- PROBLEM DESCRIPTION
Go to the line holding "match create_new(rt, path)" in the entries below and write out exactly every line down to and including the line holding "pub(crate) fn sync_folder<R: Files>(rt: &R, folder: &str)".

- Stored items
******

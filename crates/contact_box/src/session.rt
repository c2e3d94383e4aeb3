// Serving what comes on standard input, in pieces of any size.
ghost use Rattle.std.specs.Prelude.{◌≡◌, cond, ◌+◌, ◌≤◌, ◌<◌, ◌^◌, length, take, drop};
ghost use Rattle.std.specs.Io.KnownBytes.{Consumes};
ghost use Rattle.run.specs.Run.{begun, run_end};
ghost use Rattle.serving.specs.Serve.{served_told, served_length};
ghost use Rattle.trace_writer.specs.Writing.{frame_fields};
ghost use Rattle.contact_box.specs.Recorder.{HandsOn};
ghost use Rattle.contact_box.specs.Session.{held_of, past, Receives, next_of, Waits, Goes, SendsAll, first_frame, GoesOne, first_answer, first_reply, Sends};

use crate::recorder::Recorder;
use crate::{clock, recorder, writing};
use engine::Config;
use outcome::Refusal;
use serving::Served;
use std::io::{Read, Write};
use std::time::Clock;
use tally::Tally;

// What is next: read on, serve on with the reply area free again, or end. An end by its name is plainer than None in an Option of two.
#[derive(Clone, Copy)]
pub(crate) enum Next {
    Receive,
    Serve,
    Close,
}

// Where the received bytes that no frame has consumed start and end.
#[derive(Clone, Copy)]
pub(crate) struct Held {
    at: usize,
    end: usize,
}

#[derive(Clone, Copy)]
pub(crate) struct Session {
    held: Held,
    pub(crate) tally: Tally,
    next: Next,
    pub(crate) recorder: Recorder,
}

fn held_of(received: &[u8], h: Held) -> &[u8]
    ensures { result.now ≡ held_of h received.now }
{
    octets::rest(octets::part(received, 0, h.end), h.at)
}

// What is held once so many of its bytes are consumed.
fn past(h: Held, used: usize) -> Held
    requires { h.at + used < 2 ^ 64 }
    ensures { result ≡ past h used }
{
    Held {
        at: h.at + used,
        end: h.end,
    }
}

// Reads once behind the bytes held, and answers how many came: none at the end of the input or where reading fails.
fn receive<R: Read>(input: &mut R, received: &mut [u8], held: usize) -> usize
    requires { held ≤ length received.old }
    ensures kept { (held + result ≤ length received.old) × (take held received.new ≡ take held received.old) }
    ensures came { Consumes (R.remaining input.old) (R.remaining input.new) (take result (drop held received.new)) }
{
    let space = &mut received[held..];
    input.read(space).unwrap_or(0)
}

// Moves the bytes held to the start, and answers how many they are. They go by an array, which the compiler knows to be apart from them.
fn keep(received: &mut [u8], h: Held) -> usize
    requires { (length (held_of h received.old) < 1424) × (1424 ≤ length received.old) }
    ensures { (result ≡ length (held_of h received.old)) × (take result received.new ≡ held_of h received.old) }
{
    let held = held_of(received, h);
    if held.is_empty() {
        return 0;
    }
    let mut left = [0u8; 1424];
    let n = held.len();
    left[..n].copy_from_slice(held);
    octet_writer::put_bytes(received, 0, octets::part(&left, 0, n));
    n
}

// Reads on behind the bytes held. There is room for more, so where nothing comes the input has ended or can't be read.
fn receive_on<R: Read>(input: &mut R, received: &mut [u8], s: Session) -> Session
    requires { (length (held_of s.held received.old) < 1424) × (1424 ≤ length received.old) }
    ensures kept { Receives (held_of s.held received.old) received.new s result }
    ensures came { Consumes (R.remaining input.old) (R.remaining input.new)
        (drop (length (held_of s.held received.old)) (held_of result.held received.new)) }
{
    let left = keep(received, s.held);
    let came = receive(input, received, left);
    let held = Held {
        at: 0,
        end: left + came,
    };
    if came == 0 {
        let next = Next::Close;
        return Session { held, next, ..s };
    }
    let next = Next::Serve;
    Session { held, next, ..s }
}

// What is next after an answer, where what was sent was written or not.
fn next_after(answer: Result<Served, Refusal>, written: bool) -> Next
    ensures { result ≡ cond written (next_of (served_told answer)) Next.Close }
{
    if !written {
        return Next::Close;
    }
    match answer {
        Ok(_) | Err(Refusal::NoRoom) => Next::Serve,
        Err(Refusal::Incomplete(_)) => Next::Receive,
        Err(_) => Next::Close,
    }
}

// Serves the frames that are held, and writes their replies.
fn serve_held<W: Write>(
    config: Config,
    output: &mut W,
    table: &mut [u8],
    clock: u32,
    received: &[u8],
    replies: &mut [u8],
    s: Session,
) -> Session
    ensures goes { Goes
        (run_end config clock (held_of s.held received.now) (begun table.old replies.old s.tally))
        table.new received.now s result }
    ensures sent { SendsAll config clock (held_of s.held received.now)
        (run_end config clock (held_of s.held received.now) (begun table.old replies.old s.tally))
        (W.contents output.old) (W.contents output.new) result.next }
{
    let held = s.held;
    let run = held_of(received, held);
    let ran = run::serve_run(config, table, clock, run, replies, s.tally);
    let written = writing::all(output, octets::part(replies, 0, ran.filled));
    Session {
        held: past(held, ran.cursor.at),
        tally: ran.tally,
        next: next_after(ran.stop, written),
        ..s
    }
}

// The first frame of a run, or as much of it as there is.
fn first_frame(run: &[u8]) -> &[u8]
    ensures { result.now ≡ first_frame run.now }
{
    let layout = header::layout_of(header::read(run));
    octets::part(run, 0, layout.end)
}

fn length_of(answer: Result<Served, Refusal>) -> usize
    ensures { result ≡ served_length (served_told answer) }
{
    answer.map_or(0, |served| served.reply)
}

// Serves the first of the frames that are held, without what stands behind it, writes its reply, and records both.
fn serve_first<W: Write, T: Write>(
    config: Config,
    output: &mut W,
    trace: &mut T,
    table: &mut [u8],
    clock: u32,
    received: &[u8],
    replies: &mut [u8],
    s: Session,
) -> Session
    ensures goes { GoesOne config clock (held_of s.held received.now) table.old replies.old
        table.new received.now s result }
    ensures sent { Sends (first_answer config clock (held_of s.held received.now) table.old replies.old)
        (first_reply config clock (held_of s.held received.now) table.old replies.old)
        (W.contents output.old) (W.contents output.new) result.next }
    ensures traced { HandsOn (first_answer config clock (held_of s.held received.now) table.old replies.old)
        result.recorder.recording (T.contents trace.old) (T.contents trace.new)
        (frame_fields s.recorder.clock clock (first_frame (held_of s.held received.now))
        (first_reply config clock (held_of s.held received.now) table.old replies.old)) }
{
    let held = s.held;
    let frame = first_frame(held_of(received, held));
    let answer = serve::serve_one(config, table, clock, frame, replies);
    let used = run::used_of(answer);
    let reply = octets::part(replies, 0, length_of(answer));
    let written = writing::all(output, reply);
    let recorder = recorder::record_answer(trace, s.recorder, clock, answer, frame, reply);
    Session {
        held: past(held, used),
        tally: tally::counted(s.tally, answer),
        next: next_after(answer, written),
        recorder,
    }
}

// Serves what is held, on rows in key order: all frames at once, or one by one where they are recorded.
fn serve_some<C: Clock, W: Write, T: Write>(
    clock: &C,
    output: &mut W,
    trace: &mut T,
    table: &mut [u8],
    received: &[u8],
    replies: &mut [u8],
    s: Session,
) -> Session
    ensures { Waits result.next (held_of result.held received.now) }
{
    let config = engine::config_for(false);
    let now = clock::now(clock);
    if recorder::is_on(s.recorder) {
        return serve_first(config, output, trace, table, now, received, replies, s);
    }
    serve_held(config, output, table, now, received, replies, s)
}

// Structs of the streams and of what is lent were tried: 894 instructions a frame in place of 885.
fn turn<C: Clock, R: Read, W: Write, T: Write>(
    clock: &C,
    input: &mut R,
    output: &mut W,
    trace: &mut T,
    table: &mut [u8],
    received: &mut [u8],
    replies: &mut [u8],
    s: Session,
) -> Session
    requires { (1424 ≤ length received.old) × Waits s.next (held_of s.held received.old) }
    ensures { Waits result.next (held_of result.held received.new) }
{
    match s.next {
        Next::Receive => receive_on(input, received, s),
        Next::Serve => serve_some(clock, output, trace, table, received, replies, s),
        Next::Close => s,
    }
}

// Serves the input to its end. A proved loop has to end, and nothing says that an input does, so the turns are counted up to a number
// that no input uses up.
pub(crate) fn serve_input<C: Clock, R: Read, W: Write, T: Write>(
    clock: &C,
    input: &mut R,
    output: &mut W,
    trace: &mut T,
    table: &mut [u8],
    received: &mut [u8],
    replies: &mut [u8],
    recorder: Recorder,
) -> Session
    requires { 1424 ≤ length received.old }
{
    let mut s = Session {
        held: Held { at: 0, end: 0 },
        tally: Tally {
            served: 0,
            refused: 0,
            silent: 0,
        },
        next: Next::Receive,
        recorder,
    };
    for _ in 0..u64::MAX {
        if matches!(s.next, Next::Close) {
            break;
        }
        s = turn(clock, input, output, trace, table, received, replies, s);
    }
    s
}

******

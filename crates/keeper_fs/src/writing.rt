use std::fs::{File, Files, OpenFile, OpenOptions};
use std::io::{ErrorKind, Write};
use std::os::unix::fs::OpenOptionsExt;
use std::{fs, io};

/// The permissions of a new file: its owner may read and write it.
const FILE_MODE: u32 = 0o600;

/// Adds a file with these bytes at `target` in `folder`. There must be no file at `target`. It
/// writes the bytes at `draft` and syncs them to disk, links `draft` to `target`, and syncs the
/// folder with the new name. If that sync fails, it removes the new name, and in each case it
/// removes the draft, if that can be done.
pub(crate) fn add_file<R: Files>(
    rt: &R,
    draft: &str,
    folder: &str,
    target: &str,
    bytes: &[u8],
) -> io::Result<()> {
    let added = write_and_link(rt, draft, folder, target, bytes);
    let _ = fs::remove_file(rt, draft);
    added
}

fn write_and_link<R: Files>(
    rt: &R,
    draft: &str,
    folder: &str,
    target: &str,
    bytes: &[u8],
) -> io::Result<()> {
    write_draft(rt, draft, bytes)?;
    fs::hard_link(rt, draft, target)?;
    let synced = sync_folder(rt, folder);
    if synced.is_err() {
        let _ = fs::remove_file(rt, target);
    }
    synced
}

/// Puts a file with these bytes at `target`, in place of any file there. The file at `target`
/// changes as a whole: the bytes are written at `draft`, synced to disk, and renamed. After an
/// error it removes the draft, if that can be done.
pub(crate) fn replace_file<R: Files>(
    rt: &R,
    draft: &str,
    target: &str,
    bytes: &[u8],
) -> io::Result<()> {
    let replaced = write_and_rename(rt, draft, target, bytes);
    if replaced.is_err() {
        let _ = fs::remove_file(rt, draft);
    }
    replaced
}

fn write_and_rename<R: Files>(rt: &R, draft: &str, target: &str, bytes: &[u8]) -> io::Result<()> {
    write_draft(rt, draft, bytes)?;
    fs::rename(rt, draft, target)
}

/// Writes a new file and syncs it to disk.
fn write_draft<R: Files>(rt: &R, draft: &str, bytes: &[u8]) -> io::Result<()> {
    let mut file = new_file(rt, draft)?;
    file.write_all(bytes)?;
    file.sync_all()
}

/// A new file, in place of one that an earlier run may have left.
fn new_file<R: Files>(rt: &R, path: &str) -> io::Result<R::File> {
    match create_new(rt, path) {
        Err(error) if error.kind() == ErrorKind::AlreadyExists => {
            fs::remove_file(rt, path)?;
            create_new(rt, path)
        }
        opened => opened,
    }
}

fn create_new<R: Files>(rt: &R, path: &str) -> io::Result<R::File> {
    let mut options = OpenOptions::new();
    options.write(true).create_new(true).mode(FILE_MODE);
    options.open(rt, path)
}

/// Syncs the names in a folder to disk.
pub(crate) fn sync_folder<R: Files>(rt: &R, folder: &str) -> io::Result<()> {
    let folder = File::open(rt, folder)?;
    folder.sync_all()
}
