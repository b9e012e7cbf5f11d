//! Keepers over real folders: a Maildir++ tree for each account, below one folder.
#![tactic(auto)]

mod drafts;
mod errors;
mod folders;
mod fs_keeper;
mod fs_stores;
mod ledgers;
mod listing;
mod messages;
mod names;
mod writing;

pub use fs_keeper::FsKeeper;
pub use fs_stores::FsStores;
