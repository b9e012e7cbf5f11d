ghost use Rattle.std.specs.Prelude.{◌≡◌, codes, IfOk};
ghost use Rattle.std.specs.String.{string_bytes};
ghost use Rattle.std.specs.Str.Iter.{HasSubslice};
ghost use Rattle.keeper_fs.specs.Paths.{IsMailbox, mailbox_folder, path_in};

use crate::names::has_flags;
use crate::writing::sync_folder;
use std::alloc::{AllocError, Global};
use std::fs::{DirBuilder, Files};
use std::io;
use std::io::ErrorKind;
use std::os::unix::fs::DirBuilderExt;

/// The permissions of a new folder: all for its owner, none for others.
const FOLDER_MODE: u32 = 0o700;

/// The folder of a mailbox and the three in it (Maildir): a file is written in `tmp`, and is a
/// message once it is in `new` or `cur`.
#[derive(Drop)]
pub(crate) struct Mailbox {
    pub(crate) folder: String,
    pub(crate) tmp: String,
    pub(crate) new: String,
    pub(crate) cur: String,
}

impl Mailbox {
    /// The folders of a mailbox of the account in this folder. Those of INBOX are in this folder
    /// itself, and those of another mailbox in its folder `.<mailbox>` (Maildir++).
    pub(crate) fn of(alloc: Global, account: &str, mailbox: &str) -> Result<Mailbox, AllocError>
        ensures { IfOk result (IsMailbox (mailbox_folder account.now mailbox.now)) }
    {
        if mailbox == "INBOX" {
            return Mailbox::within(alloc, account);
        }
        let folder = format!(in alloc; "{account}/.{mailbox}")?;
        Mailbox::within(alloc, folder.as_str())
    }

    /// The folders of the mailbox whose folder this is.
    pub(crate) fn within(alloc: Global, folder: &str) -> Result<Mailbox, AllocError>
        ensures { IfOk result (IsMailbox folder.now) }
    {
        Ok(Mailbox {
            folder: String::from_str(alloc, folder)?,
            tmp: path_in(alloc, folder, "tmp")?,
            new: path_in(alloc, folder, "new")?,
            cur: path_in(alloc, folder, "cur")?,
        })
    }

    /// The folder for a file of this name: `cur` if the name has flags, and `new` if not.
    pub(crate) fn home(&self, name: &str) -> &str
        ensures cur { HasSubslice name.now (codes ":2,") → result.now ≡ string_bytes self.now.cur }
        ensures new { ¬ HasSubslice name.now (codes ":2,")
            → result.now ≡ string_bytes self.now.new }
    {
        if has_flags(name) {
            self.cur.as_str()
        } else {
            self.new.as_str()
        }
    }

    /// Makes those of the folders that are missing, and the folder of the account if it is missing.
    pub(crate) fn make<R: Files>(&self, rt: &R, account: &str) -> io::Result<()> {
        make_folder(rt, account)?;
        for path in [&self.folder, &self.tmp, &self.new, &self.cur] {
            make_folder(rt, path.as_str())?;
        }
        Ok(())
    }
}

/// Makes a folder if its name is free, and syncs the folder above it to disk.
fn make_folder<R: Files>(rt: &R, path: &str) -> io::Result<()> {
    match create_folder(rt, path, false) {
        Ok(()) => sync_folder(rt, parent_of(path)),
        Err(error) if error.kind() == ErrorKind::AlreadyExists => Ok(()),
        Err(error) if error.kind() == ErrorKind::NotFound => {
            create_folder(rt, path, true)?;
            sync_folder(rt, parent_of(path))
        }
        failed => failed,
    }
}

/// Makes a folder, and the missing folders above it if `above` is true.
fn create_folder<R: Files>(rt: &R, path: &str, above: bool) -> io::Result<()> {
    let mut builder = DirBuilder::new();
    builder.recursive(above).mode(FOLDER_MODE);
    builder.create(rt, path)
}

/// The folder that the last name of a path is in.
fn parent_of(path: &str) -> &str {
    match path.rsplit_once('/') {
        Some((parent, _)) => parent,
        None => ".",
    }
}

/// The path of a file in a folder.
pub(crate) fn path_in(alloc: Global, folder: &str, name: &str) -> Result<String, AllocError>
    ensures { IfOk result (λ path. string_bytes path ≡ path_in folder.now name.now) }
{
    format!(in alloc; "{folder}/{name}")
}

******

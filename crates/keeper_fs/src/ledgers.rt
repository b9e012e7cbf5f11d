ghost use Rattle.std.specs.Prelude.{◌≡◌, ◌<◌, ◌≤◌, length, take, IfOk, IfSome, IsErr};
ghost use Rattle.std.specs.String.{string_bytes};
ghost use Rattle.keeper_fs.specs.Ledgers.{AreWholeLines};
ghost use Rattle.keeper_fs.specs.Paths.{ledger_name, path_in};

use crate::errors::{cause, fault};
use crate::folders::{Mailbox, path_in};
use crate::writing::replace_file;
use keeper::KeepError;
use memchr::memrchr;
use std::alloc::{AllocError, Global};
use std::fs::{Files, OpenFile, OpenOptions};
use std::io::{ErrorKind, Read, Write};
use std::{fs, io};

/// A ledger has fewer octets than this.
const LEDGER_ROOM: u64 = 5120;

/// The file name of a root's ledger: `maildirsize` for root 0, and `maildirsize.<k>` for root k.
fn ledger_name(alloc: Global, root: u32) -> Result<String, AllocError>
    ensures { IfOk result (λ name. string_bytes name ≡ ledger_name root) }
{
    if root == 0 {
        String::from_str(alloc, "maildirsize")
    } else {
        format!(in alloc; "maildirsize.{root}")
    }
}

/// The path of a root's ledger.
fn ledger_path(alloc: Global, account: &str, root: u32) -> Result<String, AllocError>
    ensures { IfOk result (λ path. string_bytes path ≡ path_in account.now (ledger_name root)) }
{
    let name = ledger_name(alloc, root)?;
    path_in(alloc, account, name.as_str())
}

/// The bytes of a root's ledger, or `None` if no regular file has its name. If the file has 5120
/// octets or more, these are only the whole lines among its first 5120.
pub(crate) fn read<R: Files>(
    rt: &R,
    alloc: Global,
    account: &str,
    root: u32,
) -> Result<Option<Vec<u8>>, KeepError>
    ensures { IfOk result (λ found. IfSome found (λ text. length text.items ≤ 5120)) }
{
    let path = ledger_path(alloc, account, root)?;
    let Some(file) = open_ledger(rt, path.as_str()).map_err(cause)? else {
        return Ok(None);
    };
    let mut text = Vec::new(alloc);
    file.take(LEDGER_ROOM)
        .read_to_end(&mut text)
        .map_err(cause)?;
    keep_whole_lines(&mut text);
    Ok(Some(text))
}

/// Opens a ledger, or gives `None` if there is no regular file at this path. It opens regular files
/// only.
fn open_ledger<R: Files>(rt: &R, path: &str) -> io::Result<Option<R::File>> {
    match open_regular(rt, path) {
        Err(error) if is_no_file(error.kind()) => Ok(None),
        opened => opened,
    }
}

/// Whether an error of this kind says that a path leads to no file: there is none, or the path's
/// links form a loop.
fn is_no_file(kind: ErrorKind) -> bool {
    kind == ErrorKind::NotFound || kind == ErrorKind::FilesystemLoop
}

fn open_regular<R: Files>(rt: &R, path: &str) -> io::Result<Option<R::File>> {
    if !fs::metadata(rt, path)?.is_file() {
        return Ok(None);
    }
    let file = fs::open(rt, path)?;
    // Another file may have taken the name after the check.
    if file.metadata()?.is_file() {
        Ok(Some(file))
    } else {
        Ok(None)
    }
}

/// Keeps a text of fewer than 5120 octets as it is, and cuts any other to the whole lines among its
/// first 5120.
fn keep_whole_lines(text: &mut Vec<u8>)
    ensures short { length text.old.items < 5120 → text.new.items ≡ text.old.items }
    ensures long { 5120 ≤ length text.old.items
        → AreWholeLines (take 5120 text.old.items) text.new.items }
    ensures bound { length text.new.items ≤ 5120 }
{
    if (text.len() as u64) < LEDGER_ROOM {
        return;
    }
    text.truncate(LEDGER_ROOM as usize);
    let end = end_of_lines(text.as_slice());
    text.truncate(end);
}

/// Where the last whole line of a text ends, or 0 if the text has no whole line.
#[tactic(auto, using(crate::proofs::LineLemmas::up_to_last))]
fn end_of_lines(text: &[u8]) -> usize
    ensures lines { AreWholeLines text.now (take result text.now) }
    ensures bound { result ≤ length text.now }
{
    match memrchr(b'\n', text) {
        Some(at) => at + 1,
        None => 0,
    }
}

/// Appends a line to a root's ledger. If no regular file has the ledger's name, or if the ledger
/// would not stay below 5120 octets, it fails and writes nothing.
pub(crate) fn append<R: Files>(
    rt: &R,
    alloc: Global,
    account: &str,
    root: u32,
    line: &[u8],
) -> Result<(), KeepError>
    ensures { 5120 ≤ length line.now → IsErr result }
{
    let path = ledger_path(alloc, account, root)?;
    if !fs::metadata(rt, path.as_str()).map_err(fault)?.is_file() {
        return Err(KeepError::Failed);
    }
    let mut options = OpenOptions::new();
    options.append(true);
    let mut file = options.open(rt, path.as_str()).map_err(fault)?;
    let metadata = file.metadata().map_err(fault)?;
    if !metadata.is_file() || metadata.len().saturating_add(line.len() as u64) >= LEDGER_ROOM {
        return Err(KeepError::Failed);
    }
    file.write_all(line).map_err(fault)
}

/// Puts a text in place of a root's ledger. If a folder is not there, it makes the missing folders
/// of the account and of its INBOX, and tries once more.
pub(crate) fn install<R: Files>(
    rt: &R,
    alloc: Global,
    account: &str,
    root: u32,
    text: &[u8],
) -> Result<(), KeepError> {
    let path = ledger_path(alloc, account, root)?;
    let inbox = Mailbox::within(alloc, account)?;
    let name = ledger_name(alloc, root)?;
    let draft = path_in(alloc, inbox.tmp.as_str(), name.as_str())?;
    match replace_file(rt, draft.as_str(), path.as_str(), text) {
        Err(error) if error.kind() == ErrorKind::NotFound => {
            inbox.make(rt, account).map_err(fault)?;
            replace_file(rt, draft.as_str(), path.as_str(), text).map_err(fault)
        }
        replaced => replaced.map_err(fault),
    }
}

******

- EXERCISE RESULT
    match create_new(rt, path) {
        Err(error) if error.kind() == ErrorKind::AlreadyExists => {
            fs::remove_file(rt, path)?;
            create_new(rt, path)
        }
        opened => opened,
    }
}

fn create_new<R: Files>(rt: &R, path: &str) -> io::Result<R::File> {
    let mut options = OpenOptions::new();
    options.write(true).create_new(true).mode(FILE_MODE);
    options.open(rt, path)
}

/// Syncs the names in a folder to disk.
pub(crate) fn sync_folder<R: Files>(rt: &R, folder: &str) -> io::Result<()> {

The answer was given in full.